▶ [REQUIRED WORK] Here are some records; copy every line that holds the word "with".

▶ [RECORDS SHOWN]
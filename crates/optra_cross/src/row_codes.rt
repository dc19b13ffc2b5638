//! The numbers that tell rows of crossings.
ghost use Rattle.std.specs.Prelude.{◌≡◌, ◌<◌, ◌^◌};
ghost use Rattle.optra_cross.specs.Codes.{code_of, row_of, codes, visit_code};

use crate::CRow;
use optra_network::{Minute, TrackId, TypeId};
use optra_walk::{CodedRow, code_kind, code_minute, code_track, has_use_code, use_code};

/// So many numbers tell the uses of one track.
const TRACK_USES: u64 = 65_536;

/// So many numbers tell uses of tracks.
const USES: u64 = 67_108_864;

/// So many numbers tell rows of crossings, by two uses each.
const CODES: u64 = 4_503_599_627_370_496;

/// The number of a use of a track.
fn visit_code(track: TrackId, minute: Minute, kind: TypeId) -> u64
    ensures value { result ≡ visit_code track minute kind }
    ensures small { result < 2 ^ 37 }
{
    u64::from(track.0) * TRACK_USES + use_code(minute, kind)
}

impl CodedRow for CRow {
    ghost use Rattle.optra_cross.specs.Codes.{leads_back, ordered, below, few};
    ghost use Rattle.optra_cross.specs.CrossLemmas.{rows_told_apart};

    ghost code_of = { λ row. code_of row };

    ghost row_of = { λ code. row_of code };

    ghost codes = { codes };

    ghost tells_apart = { rows_told_apart };

    ghost leads_back = { leads_back };

    ghost ordered = { ordered };

    ghost few = { few };

    ghost below = { below };

    fn code(self) -> Option<u64> {
        if !has_use_code(self.first_track, self.first_at, self.first)
            || !has_use_code(self.second_track, self.second_at, self.second)
        {
            return None;
        }
        let first = visit_code(self.first_track, self.first_at, self.first);
        let second = visit_code(self.second_track, self.second_at, self.second);
        Some(first * USES + second)
    }

    fn of_code(code: u64) -> CRow {
        let first = code / USES;
        let second = code % USES;
        CRow {
            first_track: code_track(first / TRACK_USES),
            first_at: code_minute(first),
            first: code_kind(first),
            second_track: code_track(second / TRACK_USES),
            second_at: code_minute(second),
            second: code_kind(second),
        }
    }

    fn codes() -> u64 {
        CODES
    }
}
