//! Legs that a node fixes: the yes legs of a bid.
ghost use Rattle.std.specs.Prelude.{◌≡◌, ◌&&◌};
ghost use Rattle.optra_node.specs.Nodes.{is_yes_for};
ghost use Rattle.optra_search.specs.Splits.{same_leg, is_fixed};

use optra_node::{Decision, Node};
use optra_walk::Leg;

/// Whether two legs are the same.
fn is_same(a: Leg, b: Leg) -> bool
    ensures { result ≡ same_leg a b }
{
    a == b
}

/// Whether the decision makes the leg a yes leg of the bid.
fn fixes(decision: Decision, bid: u32, leg: Leg) -> bool
    ensures { result ≡ (is_yes_for bid decision && same_leg decision.leg leg) }
{
    decision.yes && decision.bid == bid && is_same(decision.leg, leg)
}

/// Whether the leg is a yes leg of the bid.
pub(crate) fn is_fixed(node: &Node, bid: u32, leg: Leg) -> bool
    ensures { result ≡ is_fixed node.now bid leg }
{
    node.decisions.iter().any(|d| fixes(*d, bid, leg))
}
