//! The lines of events.

ghost use Rattle.std.specs.Prelude.{◌≡◌, ◌++◌, ◌∷◌, [], IfOk, OnOk, string_bytes, decimal, codes, flat_map};
ghost use Rattle.def_text.specs.Keywords.{printed_verb};
ghost use Rattle.def_event.specs.declared.event.Event.TheVariants.{Call, Made, Send, When};
ghost use Rattle.def_event.specs.Lines.{activation, vat, numbered, name, message, value, note_words, begun_words, values, spaced, hex, line_of, render};
ghost use Rattle.ev_event.specs.Kinds.{referred_line, run_line};

use crate::hex::push_hex;
use crate::names::{push_activation, push_number};
use crate::notes::add_note;
use crate::raw::push_raw;
use crate::words::{
    add_message, add_name, add_numbered, add_part, add_value, add_values, add_vat, add_verb,
    add_word, push_name_and_value, push_names,
};
use def_event::event::{Addressed, Called, Event, MadeObject, Reacting, Sent};
use def_event::note::ShownNote;
use def_event::shown::Shown;
use ev_base::{Memory, Msg, Name, Seq, Str, VatId};
use std::alloc::{AllocError, Global};

/// What an activation does, or how a line begins that says more of it.
pub fn push_act(out: &mut String, id: u64, word: &str) -> Result<(), AllocError>
    ensures { OnOk result (string_bytes out.new ≡ string_bytes out.old ++ spaced (activation id ∷ word.now ∷ [])) }
{
    push_activation(out, id)?;
    add_word(out, word)
}

/// What an activation does with a value.
fn push_value_act(
    alloc: Global,
    out: &mut String,
    names: &[Str],
    id: u64,
    word: &str,
    x: &Shown,
) -> Result<(), AllocError>
    ensures { OnOk result (string_bytes out.new ≡ string_bytes out.old ++ spaced (activation id ∷ word.now ∷ value names.now x.now ∷ [])) }
{
    push_act(out, id, word)?;
    add_value(alloc, out, names, x)
}

/// What an activation does with a var slot.
fn push_slot(
    alloc: Global,
    out: &mut String,
    names: &[Str],
    id: u64,
    word: &str,
    slot: (VatId, u64),
    x: &Shown,
) -> Result<(), AllocError>
    ensures { OnOk result (string_bytes out.new ≡ string_bytes out.old ++ spaced (activation id ∷ word.now ∷ numbered names.now slot.0 38 slot.1 ∷ value names.now x.now ∷ [])) }
{
    push_act(out, id, word)?;
    add_numbered(out, names, slot, '&')?;
    add_value(alloc, out, names, x)
}

/// An entry of no vat, or how the line of another begins.
fn push_entry(out: &mut String, entry: u64, word: &str) -> Result<(), AllocError>
    ensures { OnOk result (string_bytes out.new ≡ string_bytes out.old ++ spaced (decimal entry ∷ word.now ∷ [])) }
{
    push_number(out, entry)?;
    add_word(out, word)
}

/// An entry that begins a turn of a vat.
fn push_turn(out: &mut String, names: &[Str], entry: u64, host: VatId) -> Result<(), AllocError>
    ensures { OnOk result (string_bytes out.new ≡ string_bytes out.old ++ spaced (decimal entry ∷ codes "turn" ∷ vat names.now host ∷ [])) }
{
    push_entry(out, entry, "turn")?;
    add_vat(out, names, host)
}

/// An entry of two vats.
pub(crate) fn push_link_entry(
    out: &mut String,
    names: &[Str],
    entry: u64,
    word: &str,
    from: VatId,
    to: VatId,
) -> Result<(), AllocError>
    ensures { OnOk result (string_bytes out.new ≡ string_bytes out.old ++ spaced (decimal entry ∷ word.now ∷ vat names.now from ∷ vat names.now to ∷ [])) }
{
    push_entry(out, entry, word)?;
    add_vat(out, names, from)?;
    add_vat(out, names, to)
}

/// A note that is carried.
fn push_carry(
    alloc: Global,
    out: &mut String,
    names: &[Str],
    entry: u64,
    from: VatId,
    to: VatId,
    note: &ShownNote,
) -> Result<(), AllocError>
    ensures { OnOk result (string_bytes out.new ≡ string_bytes out.old ++ spaced (decimal entry ∷ codes "carry" ∷ vat names.now from ∷ vat names.now to ∷ note_words names.now note.now)) }
{
    push_link_entry(out, names, entry, "carry", from, to)?;
    add_note(alloc, out, names, note)
}

/// An opening turn of a vat, or how the line begins of what is left at a vat.
pub(crate) fn push_at_vat(
    out: &mut String,
    names: &[Str],
    word: &str,
    host: VatId,
) -> Result<(), AllocError>
    ensures { OnOk result (string_bytes out.new ≡ string_bytes out.old ++ spaced (word.now ∷ vat names.now host ∷ [])) }
{
    out.push_str(word)?;
    add_vat(out, names, host)
}

/// A note that is left on a link.
fn push_left_link(
    alloc: Global,
    out: &mut String,
    names: &[Str],
    from: VatId,
    to: VatId,
    note: &ShownNote,
) -> Result<(), AllocError>
    ensures { OnOk result (string_bytes out.new ≡ string_bytes out.old ++ spaced (codes "left" ∷ codes "link" ∷ vat names.now from ∷ vat names.now to ∷ note_words names.now note.now)) }
{
    push_at_vat(out, names, "left link", from)?;
    add_vat(out, names, to)?;
    add_note(alloc, out, names, note)
}

/// A message that is lost.
pub fn push_lost(out: &mut String, names: &[Str], id: &Msg, word: &str) -> Result<(), AllocError>
    ensures { OnOk result (string_bytes out.new ≡ string_bytes out.old ++ spaced (codes "lost" ∷ message names.now id.now ∷ word.now ∷ [])) }
{
    out.push_str("lost")?;
    add_message(out, names, id)?;
    add_word(out, word)
}

/// What an activation does with a message.
pub fn push_message_act(
    out: &mut String,
    names: &[Str],
    id: u64,
    word: &str,
    m: &Msg,
) -> Result<(), AllocError>
    ensures { OnOk result (string_bytes out.new ≡ string_bytes out.old ++ spaced (activation id ∷ word.now ∷ message names.now m.now ∷ [])) }
{
    push_act(out, id, word)?;
    add_message(out, names, m)
}

/// The target, verb and arguments of a message.
fn add_request(
    alloc: Global,
    out: &mut String,
    names: &[Str],
    target: &Shown,
    verb: &str,
    args: &[Shown],
) -> Result<(), AllocError>
    ensures { OnOk result (string_bytes out.new ≡ string_bytes out.old ++ flat_map (λ v. 32 ∷ v) (value names.now target.now ∷ printed_verb verb.now ∷ values names.now args.now)) }
{
    add_value(alloc, out, names, target)?;
    add_verb(out, verb)?;
    add_values(alloc, out, names, args)
}

/// A message with its target, verb and arguments: one that is taken, or that is sent without an answer.
fn push_addressed(
    alloc: Global,
    out: &mut String,
    names: &[Str],
    word: &str,
    m: &Addressed,
) -> Result<(), AllocError>
    ensures { OnOk result (string_bytes out.new ≡ string_bytes out.old ++ spaced (activation m.now.activation ∷ word.now ∷ message names.now m.now.message ∷ value names.now m.now.target ∷ printed_verb m.now.verb ∷ values names.now m.now.args)) }
{
    push_message_act(out, names, m.activation, word, &m.message)?;
    add_request(
        alloc,
        out,
        names,
        &m.target,
        m.verb.as_str(),
        m.args.as_slice(),
    )
}

/// The activation that a call begins.
pub fn add_begun(out: &mut String, begun: Option<u64>) -> Result<(), AllocError>
    ensures { OnOk result (string_bytes out.new ≡ string_bytes out.old ++ flat_map (λ v. 32 ∷ v) (begun_words begun)) }
{
    match begun {
        None => Ok(()),
        Some(id) => {
            out.push_str(" as ")?;
            push_activation(out, id)
        }
    }
}

/// A call as far as its arguments.
pub fn begin_call(
    alloc: Global,
    out: &mut String,
    names: &[Str],
    id: u64,
    target: &Shown,
    verb: &str,
) -> Result<(), AllocError>
    ensures { OnOk result (string_bytes out.new ≡ string_bytes out.old ++ spaced (activation id ∷ codes "call" ∷ value names.now target.now ∷ printed_verb verb.now ∷ [])) }
{
    push_value_act(alloc, out, names, id, "call", target)?;
    add_verb(out, verb)
}

/// A call.
fn push_call(
    alloc: Global,
    out: &mut String,
    names: &[Str],
    called: &Called,
) -> Result<(), AllocError>
    ensures { OnOk result (string_bytes out.new ≡ string_bytes out.old ++ line_of names.now (Call called.now)) }
{
    begin_call(
        alloc,
        out,
        names,
        called.activation,
        &called.target,
        called.verb.as_str(),
    )?;
    add_values(alloc, out, names, called.args.as_slice())?;
    add_begun(out, called.begun)
}

/// An object that is made.
fn push_made(
    alloc: Global,
    out: &mut String,
    names: &[Str],
    made: &MadeObject,
) -> Result<(), AllocError>
    ensures { OnOk result (string_bytes out.new ≡ string_bytes out.old ++ line_of names.now (Made made.now)) }
{
    push_value_act(alloc, out, names, made.activation, "made", &made.object)?;
    add_word(out, made.name.as_str())?;
    add_part(alloc, out, names, "caps", made.caps.as_slice())?;
    add_part(alloc, out, names, "stamps", made.stamps.as_slice())
}

/// An answer.
pub fn add_answer(out: &mut String, names: &[Str], answer: &Name) -> Result<(), AllocError>
    ensures { OnOk result (string_bytes out.new ≡ string_bytes out.old ++ flat_map (λ v. 32 ∷ v) (codes "->" ∷ name names.now answer.now ∷ [])) }
{
    add_word(out, "->")?;
    add_name(out, names, answer)
}

/// A send.
fn push_send(alloc: Global, out: &mut String, names: &[Str], sent: &Sent) -> Result<(), AllocError>
    ensures { OnOk result (string_bytes out.new ≡ string_bytes out.old ++ line_of names.now (Send sent.now)) }
{
    push_message_act(out, names, sent.activation, "send", &sent.message)?;
    add_request(
        alloc,
        out,
        names,
        &sent.target,
        sent.verb.as_str(),
        sent.args.as_slice(),
    )?;
    add_answer(out, names, &sent.answer)
}

/// A reaction.
fn push_when(
    alloc: Global,
    out: &mut String,
    names: &[Str],
    reacting: &Reacting,
) -> Result<(), AllocError>
    ensures { OnOk result (string_bytes out.new ≡ string_bytes out.old ++ line_of names.now (When reacting.now)) }
{
    push_message_act(out, names, reacting.activation, "when", &reacting.message)?;
    add_value(alloc, out, names, &reacting.value)?;
    add_value(alloc, out, names, &reacting.reaction)?;
    add_answer(out, names, &reacting.answer)
}

/// A promise that an activation makes, and its resolver.
fn push_promise(
    alloc: Global,
    out: &mut String,
    names: &[Str],
    id: u64,
    made: &Name,
    resolver: &Shown,
) -> Result<(), AllocError>
    ensures { OnOk result (string_bytes out.new ≡ string_bytes out.old ++ spaced (activation id ∷ codes "promise" ∷ name names.now made.now ∷ value names.now resolver.now ∷ [])) }
{
    push_activation(out, id)?;
    out.push(' ')?;
    push_name_and_value(alloc, out, names, "promise", made, resolver)
}

/// A message that is left in the queue of a vat.
fn push_left_queue(out: &mut String, names: &[Str], host: VatId, id: &Msg) -> Result<(), AllocError>
    ensures { OnOk result (string_bytes out.new ≡ string_bytes out.old ++ spaced (codes "left" ∷ codes "queue" ∷ vat names.now host ∷ message names.now id.now ∷ [])) }
{
    push_at_vat(out, names, "left queue", host)?;
    add_message(out, names, id)
}
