// What lists that pass mean for roster and index, by what the entries answer and leave: specs/Passed.antt, proofs/Passed.antt.

#![tactic(auto)]
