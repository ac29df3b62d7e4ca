// Whether a key has room for those who hold it, arrive and leave: the net change is a signed number.
// docs/RULES.md, 3.4.

#![tactic(auto)]

ghost use Rattle.std.specs.Prelude.{◌≡◌, ◌≤◌, pos, ◌+ℤ◌, ◌-ℤ◌};
ghost use Rattle.key_places.specs.Places.{fits_places};

// Arrivals minus departures.
fn net_change(arrived: usize, left: usize) -> i64
    requires { (arrived ≤ 128) × (left ≤ 128) }
    ensures { result ≡ pos arrived -ℤ pos left }
{
    (arrived as i64) - (left as i64)
}

// A number of holders with a net change fits the places of a key; a sum below zero does not.
pub fn fits_places(held: usize, arrived: usize, left: usize) -> bool
    requires { (held ≤ 128) × (arrived ≤ 128) × (left ≤ 128) }
    ensures { result ≡ fits_places (pos held +ℤ (pos arrived -ℤ pos left)) }
{
    let total = (held as i64) + net_change(arrived, left);
    (0 <= total) & (total <= 1)
}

▶ [SOLUTION TO THE EXERCISE]
/// What an activation does with a value.
/// What an activation does with a var slot.
/// What an activation does with a message.
/// A message with its target, verb and arguments: one that is taken, or that is sent without an answer.
// A number of holders with a net change fits the places of a key; a sum below zero does not.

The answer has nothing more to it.